The storage watcher is currently initialized from the `parseStorageDiffs` command, which also adds transformers that the watcher should know about in its mapping of addresses to transformers.
### Storage Transformer
The storage transformer is responsible for converting raw contract storage hex values into useful data and writing them to postgres.
The storage transformer depends on contract-specific implementations of code capable of recognizing storage keys and writing the matching (decoded) storage value to disk.
```golang
func (transformer Transformer) Execute(row shared.StorageDiffRow) error {
metadata, lookupErr := transformer.Mappings.Lookup(row.StorageKey)
if lookupErr != nil {
return lookupErr
}
value, decodeErr := shared.Decode(row, metadata)
if decodeErr != nil {
return decodeErr
}
return transformer.Repository.Create(row.BlockHeight, row.BlockHash.Hex(), metadata, value)
}
```
## Custom Code
In order to watch an additional smart contract, a developer must create three things:
1. Mappings - specify how to identify keys in the contract's storage trie.

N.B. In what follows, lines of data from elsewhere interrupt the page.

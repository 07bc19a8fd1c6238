// Settling what an instruction mentions, and the limit at which a mention stops the run.
ghost use Rattle.std.specs.Prelude.{◌≡◌, ◌++◌, [], ◌∷◌, List, Ok, map, nat_lt, IfOk, OnOk};
ghost use Rattle.type_tree.specs.declared.tree.TExpr.{TExpr as TheType};
ghost use Rattle.il_model.specs.Admission.{limit_of, most_positions};
ghost use Rattle.il_model.specs.Found.{method_at};
ghost use Rattle.il_model.specs.Methods.{worse, worst, type_of_place, types_of_places, types_of_method, types_named_by, method_positions, limit_at, limit_of_entry};
ghost use Rattle.cil_meaning.specs.Naming.{put_type};
ghost use Rattle.cil_meaning.specs.Mentions.{cause_of};
ghost use Rattle.type_inst.specs.Opening.{Extends};
ghost use Rattle.unshared.specs.Growing.{Grown, Grows};
ghost use Rattle.unshared.specs.Listed.{IsOnce};
ghost use Rattle.unshared.specs.Settled.{stays_within, entry_number, settles_entry, settles_from, settles_method};
ghost use Rattle.unshared.specs.Talk.{Talks};

use crate::found::method_at;
use crate::pause::{Pause, Replies};
use crate::trees::Trees;
use crate::types::{copied, put_type};
use il_model::{Entry, Limit, MethodDef, MethodTree, PType, Program};
use mn_outside::{NoMemory, Refused};
use rgctx_template::closed_entry;
use sqlite_items::Items;
use std::alloc::Global;
use store_object::Cause;
use type_inst::{admitted, arguments_of};
use type_tree::{TExpr, copy_all, positions};

// The most positions of a type, and of a method.
const MOST_POSITIONS: u32 = 256;

fn cause_of(limit: Limit) -> Cause
    ensures { result ≡ cause_of limit }
{
    match limit {
        Limit::Positions => Cause::Positions,
        Limit::ValueWords => Cause::ValueWords,
    }
}

/// Goes on where nothing passes a limit, and else stops the run.
pub(crate) fn within(limit: Option<Limit>, replies: &mut Replies<'_>) -> Result<(), Pause>
    ensures { Talks (λ nothing. nothing) (stays_within limit replies.old) result replies.new }
{
    match limit {
        None => Ok(()),
        Some(limit) => Ok(replies.stop(cause_of(limit))?),
    }
}

// The limit that a type passes.
fn limit_of(alloc: Global, program: &Program, kind: &TExpr) -> Result<Option<Limit>, NoMemory>
    ensures { IfOk result (λ limit. limit ≡ limit_of program.now kind.now) }
{
    match admitted(alloc, program, kind) {
        Ok(()) => Ok(None),
        Err(Refused::Fault(limit)) => Ok(Some(limit)),
        Err(Refused::NoMemory) => Err(NoMemory),
    }
}

// Of two limits the one that counts: Positions, wherever it stands.
fn worse(first: Option<Limit>, second: Option<Limit>) -> Option<Limit>
    ensures { result ≡ worse first second }
{
    match first {
        Some(Limit::Positions) => Some(Limit::Positions),
        Some(Limit::ValueWords) => match second {
            Some(Limit::Positions) => Some(Limit::Positions),
            Some(Limit::ValueWords) => Some(Limit::ValueWords),
            None => Some(Limit::ValueWords),
        },
        None => second,
    }
}

// The limit of many types.
#[tactic(auto, using(crate::proofs::LimitLemmas::worst_push, crate::proofs::LimitLemmas::worst_more))]
fn worst(alloc: Global, program: &Program, kinds: &[TExpr]) -> Result<Option<Limit>, NoMemory>
    ensures { IfOk result (λ limit. limit ≡ worst (map (limit_of program.now) kinds.now)) }
{
    let mut found = None;
    for kind in kinds {
        let own = limit_of(alloc, program, kind)?;
        found = worse(found, own);
    }
    Ok(found)
}

fn put(kinds: &mut Items<TExpr>, kind: TExpr) -> Result<(), NoMemory>
    ensures { OnOk result (kinds.new ≡ kinds.old ++ kind ∷ []) }
{
    match kinds.push(kind) {
        Ok(()) => Ok(()),
        Err(_) => Err(NoMemory),
    }
}

// Adds the type of a place, with the method's arguments put.
fn add_place(
    alloc: Global,
    method: &MethodTree,
    kinds: &mut Items<TExpr>,
    place: &PType,
) -> Result<(), NoMemory>
    ensures { OnOk result (kinds.new ≡ kinds.old ++ map (put_type method.now) (type_of_place place.now)) }
{
    match place {
        PType::Value(kind) => {
            let closed = put_type(alloc, method, kind)?;
            put(kinds, closed)?;
            Ok(())
        }
        PType::Pointer(kind) => {
            let closed = put_type(alloc, method, kind)?;
            put(kinds, closed)?;
            Ok(())
        }
        PType::Native => Ok(()),
    }
}

fn add_places(
    alloc: Global,
    method: &MethodTree,
    kinds: &mut Items<TExpr>,
    places: &[PType],
) -> Result<(), NoMemory>
    ensures { OnOk result (kinds.new ≡ kinds.old ++ map (put_type method.now) (types_of_places places.now)) }
{
    for place in places {
        add_place(alloc, method, kinds, place)?;
    }
    Ok(())
}

// Adds the types of a method's signature and locals.
fn add_definition(
    alloc: Global,
    method: &MethodTree,
    kinds: &mut Items<TExpr>,
    definition: &MethodDef,
) -> Result<(), NoMemory>
    ensures { OnOk result (kinds.new ≡ kinds.old ++ map (put_type method.now) (types_of_method definition.now)) }
{
    add_places(alloc, method, kinds, definition.params.as_slice())?;
    if let Some(kind) = &definition.result {
        let closed = put_type(alloc, method, kind)?;
        put(kinds, closed)?;
    }
    if let Some(body) = &definition.body {
        add_places(alloc, method, kinds, body.locals.as_slice())?;
    }
    Ok(())
}

fn add_all(alloc: Global, kinds: &mut Items<TExpr>, more: &[TExpr]) -> Result<(), NoMemory>
    ensures { OnOk result (kinds.new ≡ kinds.old ++ more.now) }
{
    for kind in more {
        let copy = copied(alloc, kind)?;
        put(kinds, copy)?;
    }
    Ok(())
}

// The class and the arguments of an instantiated method, and the types of its signature and locals.
fn types_named(
    alloc: Global,
    program: &Program,
    method: &MethodTree,
) -> Result<Items<TExpr>, NoMemory>
    ensures { IfOk result (λ kinds. kinds ≡ types_named_by method.now.class method.now.args (method_at program.now method.now.method)) }
{
    let mut kinds = Items::new(alloc);
    let class = copied(alloc, &method.class)?;
    put(&mut kinds, class)?;
    add_all(alloc, &mut kinds, method.args.as_slice())?;
    match method_at(program, method.method) {
        Some(definition) => {
            add_definition(alloc, method, &mut kinds, definition)?;
            Ok(kinds)
        }
        None => Ok(kinds),
    }
}

// Whether a method has too many positions with its class and its arguments.
fn passes_positions(method: &MethodTree) -> bool
    ensures { result ≡ nat_lt most_positions (method_positions method.now.class method.now.args) }
{
    let mut count = positions(&method.class).saturating_add(1);
    for kind in method.args.as_slice() {
        count = count.saturating_add(positions(kind));
    }
    count > MOST_POSITIONS
}

// The limit that an instantiated method passes.
fn limit_of_method(
    alloc: Global,
    program: &Program,
    method: &MethodTree,
) -> Result<Option<Limit>, NoMemory>
    ensures { IfOk result (λ limit. limit ≡ limit_at program.now method.now.class method.now.args (method_at program.now method.now.method)) }
{
    if passes_positions(method) {
        return Ok(Some(Limit::Positions));
    }
    let kinds = types_named(alloc, program, method)?;
    Ok(worst(alloc, program, kinds.as_slice())?)
}

// The limit that an entry passes.
fn limit_of_entry(
    alloc: Global,
    program: &Program,
    entry: &Entry,
) -> Result<Option<Limit>, NoMemory>
    ensures { IfOk result (λ limit. limit ≡ limit_of_entry program.now entry.now) }
{
    match entry {
        Entry::Kind(kind) => Ok(limit_of(alloc, program, kind)?),
        Entry::Size(kind) => Ok(limit_of(alloc, program, kind)?),
        Entry::Extent(kind) => Ok(limit_of(alloc, program, kind)?),
        Entry::Offset(class, _) => Ok(limit_of(alloc, program, class)?),
        Entry::Method(number, class, args) => {
            let method = MethodTree {
                method: *number,
                class: copied(alloc, class)?,
                args: copy_all(alloc, args.as_slice())?,
            };
            Ok(limit_of_method(alloc, program, &method)?)
        }
        Entry::Slot(_) => Ok(None),
    }
}

// The number of an entry without variables. What is no type's has the number 0.
fn numbered(alloc: Global, trees: &mut Trees, entry: &Entry) -> Result<u32, NoMemory>
    requires { IsOnce trees.old.kinds }
    ensures grows { OnOk result (Grown trees.old.kinds trees.new.kinds) }
    ensures number { IfOk result (λ number. (later : List TheType) → Extends trees.new.kinds later → entry_number later entry.now ≡ Ok number) }
{
    match entry {
        Entry::Kind(kind) => Ok(trees.number_of(alloc, kind)?),
        Entry::Method(_, _, _) => Ok(0),
        Entry::Size(_) => Ok(0),
        Entry::Extent(_) => Ok(0),
        Entry::Offset(_, _) => Ok(0),
        Entry::Slot(_) => Ok(0),
    }
}

/// Settles an entry that an instruction of an instantiated method names.
pub(crate) fn settle(
    alloc: Global,
    program: &Program,
    trees: &mut Trees,
    replies: &mut Replies<'_>,
    method: &MethodTree,
    entry: &Entry,
) -> Result<u32, Pause>
    requires { IsOnce trees.old.kinds }
    ensures grows { Grows trees.old.kinds trees.new.kinds result }
    ensures settles { (later : List TheType) → Extends trees.new.kinds later →
        Talks (λ number. number) (settles_entry program.now later method.now entry.now replies.old) result replies.new }
{
    let closed = closed_entry(
        alloc,
        entry,
        arguments_of(&method.class),
        method.args.as_slice(),
    )?;
    let limit = limit_of_entry(alloc, program, &closed)?;
    within(limit, replies)?;
    Ok(numbered(alloc, trees, &closed)?)
}

fn note(numbers: &mut Vec<u32>, number: u32) -> Result<(), NoMemory>
    ensures { OnOk result (numbers.new.items ≡ numbers.old.items ++ number ∷ []) }
{
    match numbers.push(number) {
        Ok(()) => Ok(()),
        Err(_) => Err(NoMemory),
    }
}

/// Settles all entries that an instruction of an instantiated method names, in order.
#[tactic(auto, using(crate::proofs::NumberLemmas::grown_same, crate::proofs::NumberLemmas::grown_both), unfolding(crate::specs::Settled::settles_from))]
pub(crate) fn settle_all(
    alloc: Global,
    program: &Program,
    trees: &mut Trees,
    replies: &mut Replies<'_>,
    method: &MethodTree,
    entries: &[Entry],
) -> Result<Vec<u32>, Pause>
    requires { IsOnce trees.old.kinds }
    ensures grows { Grows trees.old.kinds trees.new.kinds result }
    ensures settles { (later : List TheType) → Extends trees.new.kinds later →
        Talks (λ numbers. numbers.items) (settles_from program.now later method.now entries.now [] replies.old) result replies.new }
{
    let mut numbers = Vec::new(alloc);
    for entry in entries {
        let number = settle(alloc, program, trees, replies, method, entry)?;
        note(&mut numbers, number)?;
    }
    Ok(numbers)
}

/// Settles an instantiated method.
#[tactic(auto, unfolding(crate::specs::Settled::settles_method))]
pub(crate) fn settle_method(
    alloc: Global,
    program: &Program,
    replies: &mut Replies<'_>,
    method: &MethodTree,
) -> Result<(), Pause>
    ensures { Talks (λ nothing. nothing) (settles_method program.now method.now replies.old) result replies.new }
{
    let limit = limit_of_method(alloc, program, method)?;
    Ok(within(limit, replies)?)
}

1. Repository - specify how to persist a parsed version of the storage value matching the recognized storage key.
1. Instance - create an instance of the storage transformer that uses your mappings and repository.
### Mappings
```golang
type Mappings interface {
Lookup(key common.Hash) (shared.StorageValueMetadata, error)
SetDB(db *postgres.DB)
}
```
A contract-specific implementation of the mappings interface enables the storage transformer to fetch metadata associated with a storage key.
Storage metadata contains: the name of the variable matching the storage key, a raw version of any keys associated with the variable (if the variable is a mapping), and the variable's type.
```golang
type StorageValueMetadata struct {
Name string
Keys map[Key]string
Type ValueType
}
```
Keys are only relevant if the variable is a mapping. For example, in the following Solidity code:
```solidity
pragma solidity ^0.4.0;
contract Contract {
uint x;
mapping(address => uint) y;
}
```
The metadata for variable `x` would not have any associated keys, but the metadata for a storage key associated with `y` would include the address used to specify that key's index in the mapping.
The `SetDB` function is required for the mappings to connect to the database.
A database connection may be desired when keys in a mapping variable need to be read from log events (e.g. to lookup what addresses may exist in `y`, above).
### Repository
```golang
type Repository interface {
Create(blockNumber int, blockHash string, metadata shared.StorageValueMetadata, value interface{}) error
SetDB(db *postgres.DB)
}
```
A contract-specific implementation of the repository interface enables the transformer to write the decoded storage value to the appropriate table in postgres.
The `Create` function is expected to recognize and persist a given storage value by the variable's name, as indicated on the row's metadata.
The `SetDB` function is required for the repository to connect to the database.
### Instance
```golang
type Transformer struct {
Address common.Address
Mappings storage_diffs.Mappings
Repository storage_diffs.Repository
}
```
A new instance of the storage transformer is initialized with the contract-specific mappings and repository, as well as the contract's address.
The contract's address is included so that the watcher can query that value from the transformer in order to build up its mapping of addresses to transformers.
## Summary
To begin watching an additional smart contract, create a new mappings file for looking up storage keys on that contract, a repository for writing storage values from the contract, and initialize a new storage transformer instance with the mappings, repository, and contract address.
The new instance, wrapped in an initializer that calls `SetDB` on the mappings and repository, should be passed to the `AddTransformers` function on the storage watcher.